Inhibition of human platelet phospholipase A2 activity by unsaturated fatty acids.

Phospholipase A2 ( PLA2; phosphatide 2-acylhydrolase, EC activity from human platelets increases significantly when the enzyme is separated from an endogenous inhibitor(s). The inhibitor, associated mainly with a particulate fraction, has now been identified as a mixture of unsaturated fatty acids. Treatment of the inhibitor with trypsin, RNase, DNase, or heat did not diminish its inhibitory activity, which was extractable by organic solvents. Incubation of PLA2 with phospholipids or various neutral lipids, including saturated fatty acids, had little or no effect on enzymatic activity. In contrast, unsaturated fatty acids such as palmitoleic acid (16:1), oleic acid (18:1), linoleic acid (18:2), linolenic acid (18:3), arachidonic acid (20:4), all of which were detected in the particulate fraction, or longer chained unsaturated fatty acids inhibited PLA2 activity by 50% at approximately equal to 5 X 10(-7) M. The level of unsaturated fatty acids in the inhibitor fraction was equivalent to approximately equal to 10(-4) M, apparently sufficient to effectively inhibit PLA2 activity.
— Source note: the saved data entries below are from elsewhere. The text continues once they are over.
ghost use Rattle.std.specs.Prelude.{◌≡◌, ◌≢◌, ◌<◌, ℕ, List, length, Option, OnOk, is_ok};
ghost use Rattle.disk_model.specs.Disk.{Told, Call, Image, IsImage, Leaves, IfTold, Continues, Changes, ReadGives, HasCause, held_now, image_now, written, super_written, lost_after};

use blk_base::Block;
use thiserror::Error;

/// The disk failed in this call.
#[derive(Clone, Copy, Debug, PartialEq, Eq, Error)]
#[error("disk failed")]
pub struct DiskFailed;

/// A disk of blocks of 4096 bytes. Block 16 has the superblock.
///
/// A superblock is written whole or not at all, and durable at Ok; after a failed write a crash may find the old one or
/// the new one until a later write of it answers Ok. Any other block that was written since the last flush, or whose
/// write failed since then, may hold any bytes after a crash. A flush that fails proves nothing: what it was to make
/// durable is lost, and reads as anything until it is written again, also after a later flush that answers Ok. Every
/// other block stays (own).
pub trait Disk {
    /// The number of blocks.
    ghost count: { Self → ℕ };

    /// What a read gives, but of a lost block, where the disk tells it.
    ghost seen: { Self → Option Image };

    /// The lost blocks: they were written and not yet flushed when a flush failed, and no write of them has answered Ok since.
    ghost lost: { Self → List ℕ };

    /// The record of the calls, where the disk tells it.
    ghost told: { Self → Option Told };

    /// How often it has failed.
    ghost faults: { Self → ℕ };

    /// The number of blocks.
    fn blocks(&self) -> u32
        ensures { result ≡ count self.now };

    /// Reads the block with this number. Of a lost one it may give anything, each time something else.
    fn read(&mut self, at: u32, into: &mut Block) -> Result<(), DiskFailed>
        requires { at < count self.old }
        ensures bytes { OnOk result (ReadGives (seen self.old) (lost self.old) at into.new) }
        ensures size { count self.new ≡ count self.old }
        ensures seen { seen self.new ≡ seen self.old }
        ensures lost { lost self.new ≡ lost self.old }
        ensures told { told self.new ≡ told self.old }
        ensures cause { HasCause (faults self.old) (faults self.new) result };

    /// Writes the block with this number, which isn't the superblock's. A crash may leave any bytes there until a flush
    /// answers Ok.
    fn write(&mut self, at: u32, from: &Block) -> Result<(), DiskFailed>
        requires range { at < count self.old }
        requires not_super { at ≢ 16 }
        ensures size { count self.new ≡ count self.old }
        ensures seen { Changes (seen self.old) (seen self.new) at from.now (is_ok result) }
        ensures lost { lost self.new ≡ lost_after at (is_ok result) (lost self.old) }
        ensures told { Continues (told self.old) (told self.new) (is_ok result) (written at from.now (is_ok result) (seen self.new)) }
        ensures cause { HasCause (faults self.old) (faults self.new) result };

    /// Writes the superblock, whole or not at all. At Ok it is durable.
    fn write_super(&mut self, from: &Block) -> Result<(), DiskFailed>
        requires { 16 < count self.old }
        ensures size { count self.new ≡ count self.old }
        ensures seen { Changes (seen self.old) (seen self.new) 16 from.now (is_ok result) }
        ensures lost { lost self.new ≡ lost self.old }
        ensures told { Continues (told self.old) (told self.new) (is_ok result) (super_written from.now (is_ok result) (seen self.new)) }
        ensures cause { HasCause (faults self.old) (faults self.new) result };

    /// Makes durable what was written: after Ok a crash leaves, in every block but 16 and the lost ones, what a read gives.
    /// After a fault all that was written since the last flush is lost.
    fn flush(&mut self) -> Result<(), DiskFailed>
        ensures size { count self.new ≡ count self.old }
        ensures seen { seen self.new ≡ seen self.old }
        ensures lost { OnOk result (lost self.new ≡ lost self.old) }
        ensures told { Continues (told self.old) (told self.new) (is_ok result) (Call.Flush (is_ok result)) }
        ensures cause { HasCause (faults self.old) (faults self.new) result };

    /// Where the record is told, so is what a read gives, and the record leads to it.
    ghost reads_as_told: { (disk : Self) → IfTold (told disk) (λ record_. seen disk ≡ Option.Some (image_now record_)) };

    /// Where the record is told, it says which blocks are lost.
    ghost lost_as_told: { (disk : Self) → IfTold (told disk) (λ record_. lost disk ≡ (held_now record_).lost) };

    /// What a read gives is an image.
    ghost reads_blocks: { (disk : Self) → IfTold (seen disk) IsImage };

    /// What a read gives has as many blocks as the disk.
    ghost reads_all: { (disk : Self) → IfTold (seen disk) (λ image. length image ≡ count disk) };

    /// The image as it reads is one that a crash may leave now.
    ghost reads_as_left: { (disk : Self) → IfTold (told disk) (λ record_. Leaves (held_now record_) (image_now record_)) };
}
Methylation of unsaturated fatty acids caused a complete loss of inhibitory activity, and subsequent demethylation restored the activity, suggesting that a free carboxyl group was necessary. Inhibition of PLA2 by unsaturated fatty acids appeared to be noncompetitive. PLA2 absolutely required Ca2+ for activity; the inhibition by unsaturated fatty acids was not reversed by Ca2+. The finding that unsaturated fatty acids are potent inhibitors of PLA2 would explain its generally low activity in human platelet extracts and its marked increase of activity during the course of enzyme purification.[1]


  1. Inhibition of human platelet phospholipase A2 activity by unsaturated fatty acids. Ballou, L.R., Cheung, W.Y. Proc. Natl. Acad. Sci. U.S.A. (1985) [Pubmed]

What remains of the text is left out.